Miquel Duran-Frigola · 06e2c872
--- a/database.md
+++ b/database.md
-# Database
+# SQL database

-XXX
\ No newline at end of file
+A lot of meta-data related to the CC is stored in a PostgreSQL database called `chemical_checker_<yyyy>_<mm>`. Tables are listed in **alphabetical order**.
+
+## Central tables
+
+The most important tables of the CC are:
+
+* `datasets`
+ * It contains [dataset specifications](datasets).
+ * Every time a dataset is stored in the CC, this table should be updated.
+* `general_properties`
+ * Compound properties such as molecular weight or Lipinski's rule of 5 violations.
+ * :warning: This table is currently called `physchem`.
+* `libraries`
+ * Abbreviation and description of compound libraries.

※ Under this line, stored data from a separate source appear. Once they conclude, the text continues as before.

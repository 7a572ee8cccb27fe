//! A dictionary over a filter, as one over the filter's child.

ghost use Rattle.std.specs.Prelude.{◌≡◌, length, true, map, pos, IfOk, MatchOption};
ghost use Rattle.std.specs.List.{range_with_len};
ghost use Rattle.vx_value.specs.Types as type;
ghost use Rattle.vx_value.specs.Errors.{OnlyOutOfMemory};
ghost use Rattle.vx_mask.specs.Masks.{bits_in};
ghost use Rattle.vx_tree.specs.Tree.{dtype, len, dict_of, filter_of, integers};
ghost use Rattle.vx_tree.specs.SlotTypes.{is_integer};
ghost use Rattle.vx_tree.specs.Cells.{rows, HasNoFault};
ghost use Rattle.vx_tree.specs.Well.{IsNodeOf};
ghost use Rattle.vx_tree.specs.Canonicals.{canonical_tree, columnar_tree};
ghost use Rattle.vx_column.specs.Casts.{IsIntegerType};
ghost use Rattle.vx_step.specs.Kernels.{places, placed, IsPlaced, KernelAnswers};

use crate::kernels::builtin::BuiltinKernelKind;
use std::alloc::{AllocError, Global};
use vx_column::{filter_canonical, take_rows};
use vx_mask::{Buffer, Mask};
use vx_tree::{
    ArrayKind, ArrayRef, Canonical, Columnar, DictArray, IntoArray, PrimitiveArray,
    PrimitiveValues, Validity,
};
use vx_value::{DType, Nullability, PType, VortexError, VortexResult};

/// Returns the dictionary over the child of the filter in slot 1 of `filled`: its codes are the places, in the child, of the
/// rows that the codes of `filled` name. `None` exactly if another slot was executed, `filled` isn't a dictionary over a filter,
/// its codes aren't a column, or one of them has no value or names no row. Fails only with `OutOfMemory`.
#[tactic(auto, using(crate::proofs::KernelsLemmas::other_slot, crate::proofs::KernelsLemmas::other_parent, crate::proofs::KernelsLemmas::other_values))]
pub(crate) fn answer(
    alloc: Global,
    filled: &ArrayRef,
    slot: usize,
) -> VortexResult<Option<ArrayRef>>
    ensures { KernelAnswers BuiltinKernelKind.DictOverFilter slot filled.now result }
{
    if slot != 1 {
        return Ok(None);
    }
    let ArrayKind::Dict(codes, values) = filled.kind() else {
        return Ok(None);
    };
    let ArrayKind::Filter(child, mask) = values.kind() else {
        return Ok(None);
    };
    over_child(alloc, codes, child, mask)
}

/// Returns the dictionary over `child` for the one whose `codes` name rows of `child` that `mask` chooses, or `None`, as above.
#[tactic(auto, using(crate::proofs::KernelsLemmas::codes_open, crate::proofs::KernelsLemmas::not_placed, crate::proofs::DictLemmas::codes_integer))]
fn over_child(
    alloc: Global,
    codes: &ArrayRef,
    child: &ArrayRef,
    mask: &Mask,
) -> VortexResult<Option<ArrayRef>>
    requires node { IsNodeOf (dict_of codes.now (filter_of (bits_in mask.now) child.now)) }
    requires counted { length (bits_in mask.now) ≡ len child.now }
    ensures { KernelAnswers BuiltinKernelKind.DictOverFilter 1 (dict_of codes.now (filter_of (bits_in mask.now) child.now)) result }
{
    child.well_formed_tree();
    let Ok(codes) = Columnar::try_from_array_ref(codes.clone()?) else {
        return Ok(None);
    };
    match places_named(alloc, &codes, child.len(), mask)? {
        Some(places) => {
            let tree = dict_node(alloc, places.into_array(), child.clone()?)?;
            Ok(Some(tree))
        }
        None => Ok(None),
    }
}

/// Returns the places, among `count` rows, of those that `codes` name among the rows that `mask` chooses: null where the code
/// is null. `None` exactly if a code has no value or names no row. Fails only with `OutOfMemory`.
#[tactic(auto, using(crate::proofs::KernelsLemmas::placed_of, crate::proofs::KernelsLemmas::unplaced_of))]
fn places_named(
    alloc: Global,
    codes: &Columnar,
    count: usize,
    mask: &Mask,
) -> VortexResult<Option<Columnar>>
    requires integers { IsIntegerType (dtype (columnar_tree codes.now)) }
    requires counted { length (bits_in mask.now) ≡ count }
    ensures ok { IfOk result (λ o. MatchOption o (HasNoFault (placed (bits_in mask.now) (rows (columnar_tree codes.now))) → ⊥) (λ v. IsPlaced (bits_in mask.now) (columnar_tree codes.now) (columnar_tree v))) }
    ensures err { OnlyOutOfMemory result }
{
    let places = places_of(alloc, count, mask)?;
    match take_rows(alloc, codes, &places) {
        Ok(named) => {
            named.as_array();
            Ok(Some(named))
        }
        Err(VortexError::Fault) => Ok(None),
        Err(e) => Err(e),
    }
}

/// Returns the places, among `count` rows, of those that `mask` chooses. Fails only with `OutOfMemory`.
#[tactic(auto, using(crate::proofs::KernelsLemmas::numbered_shown, crate::proofs::KernelsLemmas::numbered_typed))]
fn places_of(alloc: Global, count: usize, mask: &Mask) -> VortexResult<Columnar>
    requires { length (bits_in mask.now) ≡ count }
    ensures shown { IfOk result (λ c. rows (columnar_tree c) ≡ places (bits_in mask.now)) }
    ensures typed { IfOk result (λ c. dtype (columnar_tree c) ≡ type.primitive PType.U64 Nullability.NonNullable) }
    ensures err { OnlyOutOfMemory result }
{
    let numbers = numbered(alloc, count)?;
    let places = filter_canonical(alloc, &numbers, mask)?;
    Ok(Columnar::Canonical(places))
}

/// Returns the column of the numbers below `count`. Fails only with `OutOfMemory`.
fn numbered(alloc: Global, count: usize) -> VortexResult<Canonical>
    ensures ok { IfOk result (λ c. canonical_tree c ≡ integers PType.U64 (map pos (range_with_len 0 count))) }
    ensures err { OnlyOutOfMemory result }
{
    let numbers = numbers_below(alloc, count)?;
    let values = PrimitiveValues::new(PType::U64, Buffer::from_vec(alloc, numbers)?);
    let dtype = DType::Primitive(PType::U64, Nullability::NonNullable);
    let column = PrimitiveArray::try_new(alloc, dtype, values, &Validity::NonNullable)?;
    Ok(Canonical::Primitive(column))
}

/// Returns the numbers below `count`.
#[tactic(auto, using(crate::proofs::KernelsLemmas::numbers_more))]
fn numbers_below(alloc: Global, count: usize) -> Result<Vec<u64>, AllocError>
    ensures { IfOk result (λ v. v.items ≡ range_with_len 0 count) }
{
    let mut numbers = Vec::with_capacity(alloc, count)?;
    for number in 0..count {
        numbers.push(number as u64)?;
    }
    Ok(numbers)
}

/// Makes the dictionary of `values` by `codes`, which must be integers. Fails only with `OutOfMemory`.
fn dict_node(alloc: Global, codes: ArrayRef, values: ArrayRef) -> VortexResult<ArrayRef>
    requires { is_integer (dtype codes) ≡ true }
    ensures ok { IfOk result (λ t. t ≡ dict_of codes values) }
    ensures err { OnlyOutOfMemory result }
{
    Ok(DictArray::try_new(alloc, codes, values)?.into_array())
}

+ * :warning: This table is currently called `library_description`
+* `pubchem`
+ * CID, name and synonyms of molecules.
+* `structure`
+ * It contains `inchikey` and `inchi`.
+ * This is an evergrowing table. Every time a molecule is seen by the CC, it should be stored here.
+
+## Analysis tables
+
+Analysis tables, typically related to exemplary datasets.
+
+* `coordinate_clust_paired_conditionals`
+ * Conditional probabilities between clusters in different datasets.
+* `coordinate_conditionals`
+ * Conditional probabilities between similar molecules in different datasets.
+* `coordinate_correlation`
+ * Canonical correlation analysis between datasets.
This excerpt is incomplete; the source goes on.